British-Danish art historian (1930–2020)

James France (* 1930 in Brussels – 31 August 2020) was a British-Danish businessman and historian of art and monasticism.

== Business career ==
James France's father was an English producer of design furniture, Charles William Fearnley France (1897–1972); his mother was Renée Mauricette France (1898–1981). The family moved to Denmark in 1936. James studied at Oxford University, graduating with a Master of Arts degree. He entered the family business (for which, among others, Finn Juhl had designed products) in 1957. The firm was sold in 1966, at which point France started a chain of toy stores. He wrote a book about his father's firm, France & Søn, in 2016.

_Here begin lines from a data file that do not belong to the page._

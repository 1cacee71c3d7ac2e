//! What a chart says of what happened in one turn.

use crate::chart::Chart;
use crate::chart::messages::{ends_of, sent_text};
use crate::turn::Moment;
use std::alloc::{AllocError, Global};
use syn_image::Kept;
use syn_path::Side;
use syn_refusal::Refusal;
use syn_session::{End, Report};
use syn_world::{Ack, Machine, Message};

/// What a world heard, each list in order of time, as its readings give it.
#[derive(Clone, Copy)]
pub(crate) struct Heard<'a> {
    pub(crate) sent: &'a [Message],
    pub(crate) acknowledged: &'a [Ack],
    pub(crate) refusals: &'a [Refusal],
    pub(crate) reports: &'a [(Report, usize)],
}

/// What happened in one turn: what was heard from the moment before it to the one after it.
#[derive(Clone, Copy)]
pub(crate) struct Happened<'a> {
    pub(crate) heard: Heard<'a>,
    pub(crate) before: Moment,
    pub(crate) after: Moment,
}

impl Happened<'_> {
    /// What became of a line's step at the machine: what it was refused with, that the machine was
    /// down and is, or that an opening found what was cut off.
    pub(crate) fn outcome(
        &self,
        alloc: Global,
        at: Machine,
        is_opening: bool,
    ) -> Result<String, AllocError> {
        let refusals = self.heard.refusals;
        if let Some(why) = part(refusals, self.before.refusals, self.after.refusals).first() {
            return format!(in alloc; ": refused {}", why.number());
        }
        if !self.before.is_up(at) && !self.after.is_up(at) {
            return format!(in alloc; " (down)");
        }
        if is_opening && self.before.acknowledged < self.after.acknowledged {
            return format!(in alloc; ", with what was cut off");
        }
        Ok(String::new(alloc))
    }

    /// Adds a row for each record, message, report, stop and opening of the turn.
    pub(crate) fn add_to(&self, alloc: Global, chart: &mut Chart) -> Result<(), AllocError> {
        self.add_kept(alloc, chart)?;
        self.add_sent(alloc, chart)?;
        self.add_reports(alloc, chart)?;
        self.add_changes(chart)
    }

    /// Adds what the archive kept.
    fn add_kept(&self, alloc: Global, chart: &mut Chart) -> Result<(), AllocError> {
        let acknowledged = self.heard.acknowledged;
        for ack in part(
            acknowledged,
            self.before.acknowledged,
            self.after.acknowledged,
        ) {
            if let Ack::Kept(kept) = ack {
                chart.add(Machine::Coordinator, &kept_text(alloc, kept)?)?;
            }
        }
        Ok(())
    }

    /// Adds each message that was sent.
    fn add_sent(&self, alloc: Global, chart: &mut Chart) -> Result<(), AllocError> {
        for number in self.before.sent..self.after.sent {
            if let Some(message) = self.heard.sent.get(number) {
                let (from, _) = ends_of(message);
                chart.add(from, &sent_text(alloc, number, message)?)?;
            }
        }
        Ok(())
    }

    /// Adds the report of each session that ended.
    fn add_reports(&self, alloc: Global, chart: &mut Chart) -> Result<(), AllocError> {
        let reports = self.heard.reports;
        for (report, _) in part(reports, self.before.reports, self.after.reports) {
            let end = match report.end {
                End::Complete => "complete",
                End::Incomplete => "incomplete",
            };
            let text = format!(in alloc; "session {} is {end}", report.session)?;
            chart.add(Machine::Coordinator, &text)?;
        }
        Ok(())
    }

    /// Adds each machine that went down or came up.
    fn add_changes(&self, chart: &mut Chart) -> Result<(), AllocError> {
        for at in [
            Machine::Side(Side::Left),
            Machine::Coordinator,
            Machine::Side(Side::Right),
        ] {
            match (self.before.is_up(at), self.after.is_up(at)) {
                (true, false) => chart.add(at, "=== stopped ===")?,
                (false, true) => chart.add(at, "=== up ===")?,
                _ => {}
            }
        }
        Ok(())
    }
}

/// What a list has from one of its lengths to a later one.
fn part<T>(list: &[T], from: usize, to: usize) -> &[T] {
    match list.get(from..to) {
        Some(part) => part,
        None => &[],
    }
}

fn kept_text(alloc: Global, kept: &Kept) -> Result<String, AllocError> {
    match kept {
        Kept::Session(number) => format!(in alloc; "keeps session {number}"),
        Kept::Record(path, Some(_)) => format!(in alloc; "keeps {path}"),
        Kept::Record(path, None) => format!(in alloc; "keeps that {path} is gone"),
        Kept::Dir(path) => format!(in alloc; "keeps directory {path}"),
    }
}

== Historian of the Cistercian Order ==
France returned to scholarship after retiring; his interest in the Cistercian Order had begun at Oxford. He wrote books on the Cistercians in Scandinavia (1992) and monks of the same order in medieval art (1998). He received a doctorate in 2002 from the University of Roskilde, having written a dissertation on The Medieval iconography of St Bernard of Clairvaux c. 1135 - c. 1530. It was published in 2007 as Medieval images of Saint Bernard of Clairvaux. 2012 saw the publication of a book on Cistercian lay brothers. France was made a Fellow of the Society of Antiquaries of London in 1998.

== Publications ==

- The Cistercians in Scandinavia. Cistercian Publications, Kalamazoo, Mich. 1992. (577 pp.) (Cistercian Studies Series 131)
- The Cistercians in Medieval Art. Sutton, London 1998. (278 pp.)
- Medieval Images of Saint Bernard of Clairvaux. Cistercian Publications, Kalamazoo, Mich. 2007. (435 pp.)
- Separate but Equal. Cistercian Lay Brothers, 1120–1350. Liturgical Press, Collegeville, Minn. 2012. (372 pp.)
- France & Søn – British Pioneer of Danish Furniture. Forlaget Vita, Oslo 2016.